Take any scenario where rsync is useful: backups, updating remote / hosted content, etc. KDE is capable of managing all sorts of connections in a graphical environment, rather than console (or dedicated clients for each protocol). There should, then, be a graphical alternative to the rsync command. Reproducible: Always Steps to Reproduce: Select a folder from one [window / tab / panel], and drop it into another panel. This can be a different directory, a USB drive, a remote machine on SMB or FTP, whatever, thanks to KIO magic. The little menu appears with "Move here", "Copy here", "Link here". There should be an option: "Synchronise here"! Expected Results: I would expect this to work as either "rsync -a" or "rsync -a --del", which together cover the majority of usage scenarios. If files are found in the destination that are missing from source (which is when the --del option becomes interesting), a confirmation dialogue should appear, "Delete files in destination folder that are absent in content being dropped?" (similar to overwrite dialogue on copying) -- the behaviour after "yes" corresponds to "rsync -a --del", behaviour after "no" corresponds to "rsync -a". While this will never cover the full versatility of rsync, I think this would provide a very powerful tool for everyday file management -- synchronising between hard discs, cloud, usb discs, backup devices.
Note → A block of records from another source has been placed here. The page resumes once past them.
//! A request head.
ghost use Rattle.std.specs.Prelude.{◌≡◌};
ghost use Rattle.head_grammar.specs.Verdict.{head_of};

use crate::framing::{closes, expects};
use crate::request_line::RequestLine;
use crate::{FieldList, Fields, Framing, Version};
use std::marker::Model;

/// A request head. It takes a few allocations, however many fields it has.
#[derive(Debug, Drop)]
pub struct Head {
    line: RequestLine,
    fields: FieldList,
    framing: Framing,
    expects: bool,
    closes: bool,
    size: u64,
}

impl Model for Head {
    ghost use Rattle.head_grammar.specs.Heads.{Head};

    ghost Value = { Head };

    ghost view = { λ head. record {
      method = head.line.method;
      target = head.line.target;
      path = head.line.path;
      query = head.line.query;
      version = head.line.version;
      fields = head.fields;
      framing = head.framing;
      expects = head.expects;
      closes = head.closes;
      size = head.size;
    } };
}

impl Head {
    /// The head with this line and these fields.
    pub(crate) fn new(line: RequestLine, fields: FieldList, framing: Framing, size: u64) -> Head
        ensures { result ≡ head_of line fields framing size }
    {
        let expects = expects(line.version(), &fields.fields(), framing);
        let closes = closes(line.version(), &fields.fields());
        Head {
            line,
            fields,
            framing,
            expects,
            closes,
            size,
        }
    }

    pub fn method(&self) -> &[u8]
        ensures { result.now ≡ self.now.method }
    {
        self.line.method()
    }

    /// As it was sent.
    pub fn target(&self) -> &[u8]
        ensures { result.now ≡ self.now.target }
    {
        self.line.target()
    }

    pub fn path(&self) -> &[u8]
        ensures { result.now ≡ self.now.path }
    {
        self.line.path()
    }

    pub fn query(&self) -> &[u8]
        ensures { result.now ≡ self.now.query }
    {
        self.line.query()
    }

    pub fn version(&self) -> Version
        ensures { result ≡ self.now.version }
    {
        self.line.version()
    }

    /// Their names are in lower case, and differ.
    pub fn fields(&self) -> Fields<'_>
        ensures { result ≡ self.now.fields }
    {
        self.fields.fields()
    }

    pub fn framing(&self) -> Framing
        ensures { result ≡ self.now.framing }
    {
        self.framing
    }

    /// Whether the client waits for `100 Continue`.
    pub fn expects(&self) -> bool
        ensures { result ≡ self.now.expects }
    {
        self.expects
    }

    /// Whether the connection closes behind the response.
    pub fn closes(&self) -> bool
        ensures { result ≡ self.now.closes }
    {
        self.closes
    }

    /// How many bytes the whole head has.
    pub fn size(&self) -> u64
        ensures { result ≡ self.now.size }
    {
        self.size
    }
}
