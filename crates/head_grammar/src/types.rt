//! What a request head is made of, and the verdict on one.
use crate::Head;
use byte_tables::Refusal;
use outside::Bytes;

/// The version by which a request is served: `New` is 1.1, and `Old` is every other.
#[derive(Clone, Copy, Debug, PartialEq, Eq)]
pub enum Version {
    Old,
    New,
}

/// A field line.
#[derive(Debug, Drop)]
pub struct Field {
    pub name: Bytes,
    pub value: Bytes,
}

/// How the length of a body is known (RFC 9112, section 6.3).
#[derive(Clone, Copy, Debug, PartialEq, Eq)]
pub enum Framing {
    Empty,
    Fixed(u64),
    Chunked,
}

/// The verdict on a whole head.
#[derive(Debug, Drop)]
pub enum Parsed {
    /// Nothing but empty lines.
    Blank,
    Good(Head),
    /// The response has the version, and no body where it is bodyless.
    Bad {
        refusal: Refusal,
        version: Version,
        bodyless: bool,
    },
}
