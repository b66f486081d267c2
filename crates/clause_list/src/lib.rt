//! The clause list of a task: its variables, its families of clauses, the cones of trains, and their laws.
#![tactic(auto)]

mod laws;

pub use laws::{free_tasks_are_clauses, given_tasks_are_clauses, variables_differ};
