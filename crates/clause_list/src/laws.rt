//! Laws of the clause list, which a call hands to its caller's proof.
ghost use Rattle.std.specs.Prelude.{◌≡◌, ◌≤◌, ◌+◌, ℕ, List, All, length};
ghost use Rattle.sat_core.specs.Clauses.{IsClause};
ghost use Rattle.cell_net.specs.Rules.{IsInstance};
ghost use Rattle.cell_net.specs.declared.ids.CandidateId.{CandidateId};
ghost use Rattle.cell_net.specs.declared.parts.InstanceParts.{InstanceParts};
ghost use Rattle.sweep_table.specs.Tables.{Table, IsTable};
ghost use Rattle.gap_clauses.specs.Gaps.{AreGaps};
ghost use Rattle.clause_list.specs.Coding.{given_task, base_task, first_of_count, network_of, trains_of};
ghost use Rattle.clause_list.specs.Differing.{VariablesDiffer};

/// The list of a given layout's task is one of clauses: no variable stands twice in one, and each is one of the task's. A call
/// does nothing; it gives its caller's proof this law.
pub fn given_tasks_are_clauses()
    ensures { (p : InstanceParts) (gaps : List (List (List (List CandidateId)))) (tables : List Table) (layout : List CandidateId) (vars : ℕ) → IsInstance p → AreGaps p gaps → length tables ≡ length p.trains → All (IsTable p) tables → first_of_count p tables ≤ vars + 1 → All (IsClause vars) (given_task p gaps tables layout) }
{}

/// The list of a free task is one of clauses, but for its counter and its bound, which say so themselves. A call does nothing;
/// it gives its caller's proof this law.
pub fn free_tasks_are_clauses()
    ensures { (p : InstanceParts) (gaps : List (List (List (List CandidateId)))) (tables : List Table) (vars : ℕ) → IsInstance p → AreGaps p gaps → length tables ≡ length p.trains → All (IsTable p) tables → first_of_count p tables ≤ vars + 1 → All (IsClause vars) (base_task p gaps tables) }
{}

/// The variables of a task differ: those of borders, of gaps and of each train stand kind by kind behind one another, from 1 to
/// the last, and each number is for one thing alone. A call does nothing; it gives its caller's proof this law.
pub fn variables_differ()
    ensures { (p : InstanceParts) (tables : List Table) (vars : ℕ) → IsInstance p → length tables ≡ length p.trains → All (IsTable p) tables → first_of_count p tables ≤ vars + 1 → VariablesDiffer vars (network_of p) (trains_of p tables) }
{}
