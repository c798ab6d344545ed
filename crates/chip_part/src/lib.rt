//! The parts of a running machine: the rules of each event, its effect on the part that makes it, and the order of a
//! turn. Actors and memory are in the crates above.
//!
//! `docs/CORE.md` has the table of events and the turn in words. `specs/` has the definitions: the setting of a game
//! (`Setting`), the edges with the root's among them (`Edges`), the part of the core that one vertex, the root or the
//! stopper keeps (`Part`), the rules of an event in their order (`Rules`), the effect of an event on the part that
//! makes it (`Steps`), its operation (`Acting`), the order of a turn (`Turn`), and what is left of a turn at a cursor
//! (`Cursor`).
#![tactic(auto)]

mod act;
mod cause;
mod cursor;
pub mod laws;
mod reply;
mod rule;
mod setting;

pub use act::{Act, Observed};
pub use cause::{Cause, is_by_limit};
pub use cursor::Cursor;
pub use reply::Reply;
pub use rule::{Rule, first_unmet};
pub use setting::Setting;
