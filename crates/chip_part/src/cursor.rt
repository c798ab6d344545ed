ghost use Rattle.std.specs.Prelude.{◌≡◌};

/// A position in a turn: the next step. A place is an index in the list of the edges that it visits, from 0.
#[derive(Clone, Copy)]
pub enum Cursor {
    /// Take from the edges into the vertex, from this place on.
    Take(usize),
    /// Settle the edges out of it, from this place on.
    Settle(usize),
    /// Fire, if it may.
    Fire,
    /// Put what was claimed before, on the edges out of it from this place on.
    Put(usize),
    /// Halt if a claim was refused before, else send.
    Refusal,
    /// Send on the edges out of it, from this place on.
    Send(usize),
    /// Claim the edge at this place, if its cell was found empty.
    Claim(usize),
    /// Put what was claimed on the edge at this place, or halt if the claim was refused.
    Store(usize),
    /// Halt by the firing limit, if it may.
    Limit,
    /// Acknowledge on the edges into it, from this place on.
    Ack(usize),
    /// Acknowledge on the parent edge once more.
    Parent,
    /// Nothing: the turn is over.
    Over,
}

impl Cursor {
    ghost use Rattle.chip_part.specs.Cursor.{Begins};

    /// The start of a turn.
    pub fn start() -> Cursor
        ensures first { result ≡ Cursor.Take 0 }
        ensures begins { Begins result }
    {
        Cursor::Take(0)
    }
}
I would be willing to look into coding this, but I haven't worked on projects within kde before. Any tips to avoid typical pitfalls when embarking on a task like this? I am already familiar with C++ and have looked at code which uses Qt before.
Allen, it's simplest to just start investigating the issue and trying a patch. If you get stuck, you can ask on the kde-devel mailing list, or on other KDE developer support channels.
KIO implementing rsync is out of scope; KIO can copy/move files/dirs, a simple tool that's not with features, but implementing rsync algorithms would complicate the code too much, and there is already a perfectly good tool (rsync) that does one job, and does it really well.